(Saved entries)

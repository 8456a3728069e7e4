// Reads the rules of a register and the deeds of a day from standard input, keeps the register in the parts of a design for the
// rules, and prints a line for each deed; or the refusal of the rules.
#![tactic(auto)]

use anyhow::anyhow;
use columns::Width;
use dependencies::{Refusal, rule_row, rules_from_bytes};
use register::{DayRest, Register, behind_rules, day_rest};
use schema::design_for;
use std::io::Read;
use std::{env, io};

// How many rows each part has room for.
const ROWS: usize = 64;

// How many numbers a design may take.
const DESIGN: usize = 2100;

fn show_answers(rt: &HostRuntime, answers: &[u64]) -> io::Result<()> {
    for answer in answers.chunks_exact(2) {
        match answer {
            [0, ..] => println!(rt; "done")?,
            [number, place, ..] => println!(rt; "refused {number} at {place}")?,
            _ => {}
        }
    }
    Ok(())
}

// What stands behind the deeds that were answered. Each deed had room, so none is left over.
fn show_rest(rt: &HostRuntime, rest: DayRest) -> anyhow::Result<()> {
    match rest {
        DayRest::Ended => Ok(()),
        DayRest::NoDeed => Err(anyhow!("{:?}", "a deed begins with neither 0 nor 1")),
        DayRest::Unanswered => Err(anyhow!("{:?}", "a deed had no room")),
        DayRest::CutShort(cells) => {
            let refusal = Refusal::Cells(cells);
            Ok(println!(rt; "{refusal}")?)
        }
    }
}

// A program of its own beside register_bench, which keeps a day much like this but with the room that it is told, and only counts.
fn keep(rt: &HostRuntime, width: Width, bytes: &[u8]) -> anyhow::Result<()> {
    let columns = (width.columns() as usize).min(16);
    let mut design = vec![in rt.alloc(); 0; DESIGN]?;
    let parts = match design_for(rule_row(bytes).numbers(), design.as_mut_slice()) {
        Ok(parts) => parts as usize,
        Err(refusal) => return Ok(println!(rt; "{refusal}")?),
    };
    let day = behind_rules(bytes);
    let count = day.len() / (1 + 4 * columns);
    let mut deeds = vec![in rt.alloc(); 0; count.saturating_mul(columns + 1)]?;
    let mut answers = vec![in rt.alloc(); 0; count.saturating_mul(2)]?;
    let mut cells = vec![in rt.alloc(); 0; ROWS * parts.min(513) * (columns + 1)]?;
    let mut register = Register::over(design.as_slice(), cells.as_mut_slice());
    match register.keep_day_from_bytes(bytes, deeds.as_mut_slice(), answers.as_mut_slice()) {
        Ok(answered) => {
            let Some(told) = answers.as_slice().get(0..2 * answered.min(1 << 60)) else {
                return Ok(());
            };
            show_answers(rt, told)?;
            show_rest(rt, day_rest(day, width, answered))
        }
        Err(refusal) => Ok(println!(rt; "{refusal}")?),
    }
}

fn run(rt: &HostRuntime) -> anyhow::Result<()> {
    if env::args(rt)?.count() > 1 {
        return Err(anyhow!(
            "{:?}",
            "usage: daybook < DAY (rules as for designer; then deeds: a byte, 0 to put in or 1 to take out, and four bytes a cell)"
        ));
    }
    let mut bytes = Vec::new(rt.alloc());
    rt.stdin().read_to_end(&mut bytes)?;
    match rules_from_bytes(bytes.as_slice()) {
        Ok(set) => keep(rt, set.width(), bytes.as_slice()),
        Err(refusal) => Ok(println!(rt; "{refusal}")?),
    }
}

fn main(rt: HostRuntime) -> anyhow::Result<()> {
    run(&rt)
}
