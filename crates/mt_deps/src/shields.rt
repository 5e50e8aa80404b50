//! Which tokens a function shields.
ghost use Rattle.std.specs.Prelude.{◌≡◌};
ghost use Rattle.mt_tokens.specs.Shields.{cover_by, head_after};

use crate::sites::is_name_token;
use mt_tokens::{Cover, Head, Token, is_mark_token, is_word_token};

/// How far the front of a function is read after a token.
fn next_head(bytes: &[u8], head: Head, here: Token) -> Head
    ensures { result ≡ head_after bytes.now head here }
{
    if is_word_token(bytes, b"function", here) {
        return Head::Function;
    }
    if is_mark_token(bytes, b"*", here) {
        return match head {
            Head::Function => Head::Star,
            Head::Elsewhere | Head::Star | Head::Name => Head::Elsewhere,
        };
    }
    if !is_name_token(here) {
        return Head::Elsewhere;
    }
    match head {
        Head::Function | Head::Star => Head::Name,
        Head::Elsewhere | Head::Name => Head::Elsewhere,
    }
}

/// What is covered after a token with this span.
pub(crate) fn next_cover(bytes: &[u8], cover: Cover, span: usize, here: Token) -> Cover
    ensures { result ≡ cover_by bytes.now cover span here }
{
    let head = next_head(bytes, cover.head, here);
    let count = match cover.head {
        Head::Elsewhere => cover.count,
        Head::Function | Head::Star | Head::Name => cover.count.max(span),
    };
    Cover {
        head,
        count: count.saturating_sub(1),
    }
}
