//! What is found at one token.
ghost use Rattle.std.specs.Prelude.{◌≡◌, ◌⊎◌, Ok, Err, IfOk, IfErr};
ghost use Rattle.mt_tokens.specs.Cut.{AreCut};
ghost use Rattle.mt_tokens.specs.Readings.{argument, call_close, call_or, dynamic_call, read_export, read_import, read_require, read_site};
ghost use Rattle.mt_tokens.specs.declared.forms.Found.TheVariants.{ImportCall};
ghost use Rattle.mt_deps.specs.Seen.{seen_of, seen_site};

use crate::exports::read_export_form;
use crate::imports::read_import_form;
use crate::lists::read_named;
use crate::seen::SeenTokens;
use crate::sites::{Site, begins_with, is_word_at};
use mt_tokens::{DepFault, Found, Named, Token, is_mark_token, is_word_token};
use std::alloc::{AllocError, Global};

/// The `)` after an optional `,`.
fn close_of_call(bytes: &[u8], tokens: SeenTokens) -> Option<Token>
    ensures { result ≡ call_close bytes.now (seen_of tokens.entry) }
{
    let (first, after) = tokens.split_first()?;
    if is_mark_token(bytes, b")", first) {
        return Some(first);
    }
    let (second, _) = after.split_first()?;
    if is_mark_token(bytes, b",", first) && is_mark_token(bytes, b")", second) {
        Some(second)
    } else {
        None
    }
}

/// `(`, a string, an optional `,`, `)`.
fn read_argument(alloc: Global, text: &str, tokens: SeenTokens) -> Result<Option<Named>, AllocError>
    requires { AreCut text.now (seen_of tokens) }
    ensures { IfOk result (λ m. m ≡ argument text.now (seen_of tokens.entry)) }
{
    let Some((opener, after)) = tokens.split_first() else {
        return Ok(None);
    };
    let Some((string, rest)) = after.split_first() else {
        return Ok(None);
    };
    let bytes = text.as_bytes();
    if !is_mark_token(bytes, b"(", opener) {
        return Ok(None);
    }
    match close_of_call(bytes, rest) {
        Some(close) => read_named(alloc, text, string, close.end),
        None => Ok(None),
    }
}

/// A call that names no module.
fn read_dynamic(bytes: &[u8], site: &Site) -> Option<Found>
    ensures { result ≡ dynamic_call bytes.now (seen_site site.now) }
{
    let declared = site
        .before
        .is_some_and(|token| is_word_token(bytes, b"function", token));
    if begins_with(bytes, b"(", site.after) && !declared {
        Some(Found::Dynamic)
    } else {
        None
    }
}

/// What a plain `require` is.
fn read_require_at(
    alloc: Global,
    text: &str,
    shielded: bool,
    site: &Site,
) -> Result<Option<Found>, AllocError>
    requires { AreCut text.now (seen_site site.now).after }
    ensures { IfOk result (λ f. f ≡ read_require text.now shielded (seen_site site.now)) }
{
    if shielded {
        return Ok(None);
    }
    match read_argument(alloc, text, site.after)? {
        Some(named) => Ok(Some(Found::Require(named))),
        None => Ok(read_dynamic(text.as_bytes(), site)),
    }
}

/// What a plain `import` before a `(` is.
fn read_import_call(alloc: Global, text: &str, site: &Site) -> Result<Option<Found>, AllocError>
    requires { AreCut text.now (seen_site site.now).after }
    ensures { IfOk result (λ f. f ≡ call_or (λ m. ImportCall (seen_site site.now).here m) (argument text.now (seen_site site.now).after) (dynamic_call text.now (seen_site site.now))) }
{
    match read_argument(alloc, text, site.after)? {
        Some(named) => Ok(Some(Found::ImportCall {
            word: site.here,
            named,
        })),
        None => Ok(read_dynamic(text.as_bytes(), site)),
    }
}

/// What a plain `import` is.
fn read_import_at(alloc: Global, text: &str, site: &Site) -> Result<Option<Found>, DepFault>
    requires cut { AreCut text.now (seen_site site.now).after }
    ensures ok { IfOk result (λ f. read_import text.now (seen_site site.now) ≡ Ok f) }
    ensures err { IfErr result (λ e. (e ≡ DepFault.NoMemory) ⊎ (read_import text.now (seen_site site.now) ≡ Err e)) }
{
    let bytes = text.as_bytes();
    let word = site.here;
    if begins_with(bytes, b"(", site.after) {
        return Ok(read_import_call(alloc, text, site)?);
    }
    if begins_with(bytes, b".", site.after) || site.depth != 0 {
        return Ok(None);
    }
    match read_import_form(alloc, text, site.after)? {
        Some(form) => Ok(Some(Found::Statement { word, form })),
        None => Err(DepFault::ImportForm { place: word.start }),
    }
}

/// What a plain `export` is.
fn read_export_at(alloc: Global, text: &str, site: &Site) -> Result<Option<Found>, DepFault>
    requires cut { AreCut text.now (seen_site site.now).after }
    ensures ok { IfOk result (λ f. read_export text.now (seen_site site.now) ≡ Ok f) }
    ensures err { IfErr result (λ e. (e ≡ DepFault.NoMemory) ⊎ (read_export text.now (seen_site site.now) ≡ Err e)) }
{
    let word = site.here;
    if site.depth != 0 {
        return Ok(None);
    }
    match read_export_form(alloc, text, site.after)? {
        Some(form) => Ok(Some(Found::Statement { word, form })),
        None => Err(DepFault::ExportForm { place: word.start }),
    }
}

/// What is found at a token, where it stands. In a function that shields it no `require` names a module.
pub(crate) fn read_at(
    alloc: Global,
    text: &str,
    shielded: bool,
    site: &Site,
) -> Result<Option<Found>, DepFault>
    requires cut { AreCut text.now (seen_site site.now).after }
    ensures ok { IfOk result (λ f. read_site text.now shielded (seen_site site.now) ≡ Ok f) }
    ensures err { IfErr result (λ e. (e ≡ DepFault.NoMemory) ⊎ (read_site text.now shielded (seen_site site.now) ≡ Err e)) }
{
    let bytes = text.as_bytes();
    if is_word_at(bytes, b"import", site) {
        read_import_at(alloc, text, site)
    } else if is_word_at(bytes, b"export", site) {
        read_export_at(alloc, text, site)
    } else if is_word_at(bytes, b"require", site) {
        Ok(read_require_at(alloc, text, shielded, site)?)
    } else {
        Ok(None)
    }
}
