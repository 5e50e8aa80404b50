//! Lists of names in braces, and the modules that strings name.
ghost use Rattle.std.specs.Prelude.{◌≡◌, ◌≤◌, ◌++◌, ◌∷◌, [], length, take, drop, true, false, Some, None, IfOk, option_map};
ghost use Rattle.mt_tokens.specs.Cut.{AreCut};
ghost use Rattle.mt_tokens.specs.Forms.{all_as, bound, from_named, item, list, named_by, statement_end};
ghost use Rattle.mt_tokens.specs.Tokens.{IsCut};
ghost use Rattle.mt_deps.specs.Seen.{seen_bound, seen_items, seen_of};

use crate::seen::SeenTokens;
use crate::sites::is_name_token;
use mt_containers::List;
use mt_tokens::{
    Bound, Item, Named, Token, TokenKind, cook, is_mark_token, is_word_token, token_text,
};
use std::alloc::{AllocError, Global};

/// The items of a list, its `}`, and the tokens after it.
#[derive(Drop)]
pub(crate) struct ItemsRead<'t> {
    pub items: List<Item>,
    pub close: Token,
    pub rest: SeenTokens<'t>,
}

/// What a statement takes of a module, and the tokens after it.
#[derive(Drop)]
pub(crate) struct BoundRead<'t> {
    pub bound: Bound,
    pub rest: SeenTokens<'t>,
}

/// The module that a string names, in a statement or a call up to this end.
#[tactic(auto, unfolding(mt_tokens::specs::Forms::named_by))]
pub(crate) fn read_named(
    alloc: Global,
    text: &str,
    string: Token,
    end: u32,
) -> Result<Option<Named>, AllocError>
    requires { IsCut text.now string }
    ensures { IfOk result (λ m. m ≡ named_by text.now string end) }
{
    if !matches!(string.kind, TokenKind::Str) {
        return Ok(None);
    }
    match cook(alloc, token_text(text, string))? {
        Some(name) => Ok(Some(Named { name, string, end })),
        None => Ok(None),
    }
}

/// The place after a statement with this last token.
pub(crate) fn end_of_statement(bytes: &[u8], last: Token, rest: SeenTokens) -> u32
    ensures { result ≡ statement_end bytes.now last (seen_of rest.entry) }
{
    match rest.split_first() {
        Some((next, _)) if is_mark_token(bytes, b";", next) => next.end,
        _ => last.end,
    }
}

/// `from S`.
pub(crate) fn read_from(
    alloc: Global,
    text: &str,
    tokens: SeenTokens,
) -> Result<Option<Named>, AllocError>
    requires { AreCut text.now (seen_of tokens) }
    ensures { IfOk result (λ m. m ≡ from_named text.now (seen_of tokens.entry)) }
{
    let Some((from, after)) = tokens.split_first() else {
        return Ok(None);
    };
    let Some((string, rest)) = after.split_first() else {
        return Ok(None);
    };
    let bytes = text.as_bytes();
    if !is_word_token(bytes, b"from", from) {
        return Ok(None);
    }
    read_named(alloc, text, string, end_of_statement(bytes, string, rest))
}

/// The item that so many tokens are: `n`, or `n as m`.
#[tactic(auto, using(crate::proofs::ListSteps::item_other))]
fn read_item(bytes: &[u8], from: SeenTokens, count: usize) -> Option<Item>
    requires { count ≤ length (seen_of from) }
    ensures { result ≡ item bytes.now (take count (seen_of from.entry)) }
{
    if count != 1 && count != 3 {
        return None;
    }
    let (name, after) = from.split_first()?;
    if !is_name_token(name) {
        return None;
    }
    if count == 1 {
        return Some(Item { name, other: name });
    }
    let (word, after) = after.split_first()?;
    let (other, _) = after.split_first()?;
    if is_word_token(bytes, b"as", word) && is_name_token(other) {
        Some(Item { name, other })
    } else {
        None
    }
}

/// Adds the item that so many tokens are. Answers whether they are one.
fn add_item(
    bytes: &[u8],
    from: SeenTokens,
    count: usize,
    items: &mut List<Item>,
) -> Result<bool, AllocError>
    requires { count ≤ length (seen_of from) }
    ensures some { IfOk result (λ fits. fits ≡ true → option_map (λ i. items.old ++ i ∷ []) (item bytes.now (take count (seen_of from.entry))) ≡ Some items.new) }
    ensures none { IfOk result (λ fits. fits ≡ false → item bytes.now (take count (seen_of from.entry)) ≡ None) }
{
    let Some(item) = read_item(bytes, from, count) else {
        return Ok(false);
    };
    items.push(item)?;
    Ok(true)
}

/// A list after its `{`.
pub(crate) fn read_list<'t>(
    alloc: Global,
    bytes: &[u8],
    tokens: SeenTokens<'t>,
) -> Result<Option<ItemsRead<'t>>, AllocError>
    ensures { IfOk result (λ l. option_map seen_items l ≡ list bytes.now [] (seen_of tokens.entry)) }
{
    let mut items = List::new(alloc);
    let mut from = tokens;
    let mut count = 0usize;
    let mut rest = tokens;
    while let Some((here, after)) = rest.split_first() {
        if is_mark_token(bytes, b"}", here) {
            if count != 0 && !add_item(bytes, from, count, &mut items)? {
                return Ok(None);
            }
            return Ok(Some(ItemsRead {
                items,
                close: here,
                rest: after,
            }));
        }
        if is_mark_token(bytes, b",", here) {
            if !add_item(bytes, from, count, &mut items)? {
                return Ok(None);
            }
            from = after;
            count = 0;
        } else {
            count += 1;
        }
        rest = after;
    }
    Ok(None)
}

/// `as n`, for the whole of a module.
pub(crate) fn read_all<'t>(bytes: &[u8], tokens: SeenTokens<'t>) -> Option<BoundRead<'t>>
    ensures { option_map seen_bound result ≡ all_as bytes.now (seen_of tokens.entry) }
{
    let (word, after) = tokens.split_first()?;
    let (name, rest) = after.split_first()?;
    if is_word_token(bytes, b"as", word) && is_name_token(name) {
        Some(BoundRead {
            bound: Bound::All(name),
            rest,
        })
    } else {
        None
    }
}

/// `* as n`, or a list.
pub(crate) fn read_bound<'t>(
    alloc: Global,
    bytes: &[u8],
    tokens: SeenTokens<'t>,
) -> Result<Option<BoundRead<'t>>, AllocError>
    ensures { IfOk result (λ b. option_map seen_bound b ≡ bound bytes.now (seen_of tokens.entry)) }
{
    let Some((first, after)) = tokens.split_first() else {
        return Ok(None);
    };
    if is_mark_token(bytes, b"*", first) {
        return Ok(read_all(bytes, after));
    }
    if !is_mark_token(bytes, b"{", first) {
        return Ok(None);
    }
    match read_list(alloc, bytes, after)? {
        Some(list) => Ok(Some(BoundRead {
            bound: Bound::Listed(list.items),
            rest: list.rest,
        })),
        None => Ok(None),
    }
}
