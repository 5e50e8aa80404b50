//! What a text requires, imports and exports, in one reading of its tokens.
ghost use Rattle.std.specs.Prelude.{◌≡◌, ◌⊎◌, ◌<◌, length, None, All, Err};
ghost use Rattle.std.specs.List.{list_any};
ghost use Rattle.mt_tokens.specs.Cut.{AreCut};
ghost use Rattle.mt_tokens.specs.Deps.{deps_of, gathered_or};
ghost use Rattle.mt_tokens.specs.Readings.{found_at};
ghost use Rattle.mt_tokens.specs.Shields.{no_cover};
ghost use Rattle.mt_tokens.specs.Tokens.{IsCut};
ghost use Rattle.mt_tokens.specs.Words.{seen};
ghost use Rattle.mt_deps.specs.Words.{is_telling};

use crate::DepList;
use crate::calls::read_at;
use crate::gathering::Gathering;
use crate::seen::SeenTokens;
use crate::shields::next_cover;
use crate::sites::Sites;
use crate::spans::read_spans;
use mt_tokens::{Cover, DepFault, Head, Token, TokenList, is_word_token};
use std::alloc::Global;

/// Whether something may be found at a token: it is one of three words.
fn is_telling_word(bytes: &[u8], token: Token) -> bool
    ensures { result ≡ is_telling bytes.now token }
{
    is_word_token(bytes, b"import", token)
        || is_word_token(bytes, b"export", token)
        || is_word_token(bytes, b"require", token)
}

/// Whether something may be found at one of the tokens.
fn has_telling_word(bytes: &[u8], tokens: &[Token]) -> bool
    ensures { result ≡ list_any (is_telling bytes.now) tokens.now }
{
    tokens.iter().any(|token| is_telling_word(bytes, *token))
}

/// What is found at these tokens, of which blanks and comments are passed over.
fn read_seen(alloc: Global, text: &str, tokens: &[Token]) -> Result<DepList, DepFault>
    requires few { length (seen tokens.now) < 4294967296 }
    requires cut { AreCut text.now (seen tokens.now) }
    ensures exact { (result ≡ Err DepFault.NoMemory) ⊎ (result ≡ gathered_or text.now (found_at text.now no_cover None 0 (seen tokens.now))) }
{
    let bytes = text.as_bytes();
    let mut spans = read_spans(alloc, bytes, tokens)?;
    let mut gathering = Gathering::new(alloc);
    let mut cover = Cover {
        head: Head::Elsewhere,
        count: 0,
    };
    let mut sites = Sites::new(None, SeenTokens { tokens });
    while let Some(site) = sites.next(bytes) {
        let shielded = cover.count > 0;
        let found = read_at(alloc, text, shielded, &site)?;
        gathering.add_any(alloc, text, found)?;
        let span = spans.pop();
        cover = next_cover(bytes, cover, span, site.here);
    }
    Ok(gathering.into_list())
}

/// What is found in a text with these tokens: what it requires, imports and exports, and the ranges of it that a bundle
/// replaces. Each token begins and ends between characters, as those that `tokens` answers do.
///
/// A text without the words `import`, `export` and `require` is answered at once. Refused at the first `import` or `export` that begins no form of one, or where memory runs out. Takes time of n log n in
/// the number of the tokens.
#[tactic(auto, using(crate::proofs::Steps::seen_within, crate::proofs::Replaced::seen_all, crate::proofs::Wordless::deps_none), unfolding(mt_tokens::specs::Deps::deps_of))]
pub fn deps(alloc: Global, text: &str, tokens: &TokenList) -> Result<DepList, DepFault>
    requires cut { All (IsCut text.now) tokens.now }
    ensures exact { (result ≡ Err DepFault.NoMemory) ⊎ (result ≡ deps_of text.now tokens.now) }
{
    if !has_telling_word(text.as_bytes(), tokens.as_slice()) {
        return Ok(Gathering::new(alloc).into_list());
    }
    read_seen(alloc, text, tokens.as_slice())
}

(Problem)
If a line above contains the word "last", list it.

(Result for this task)
/// The place after a statement with this last token.
pub(crate) fn end_of_statement(bytes: &[u8], last: Token, rest: SeenTokens) -> u32
    ensures { result ≡ statement_end bytes.now last (seen_of rest.entry) }
        _ => last.end,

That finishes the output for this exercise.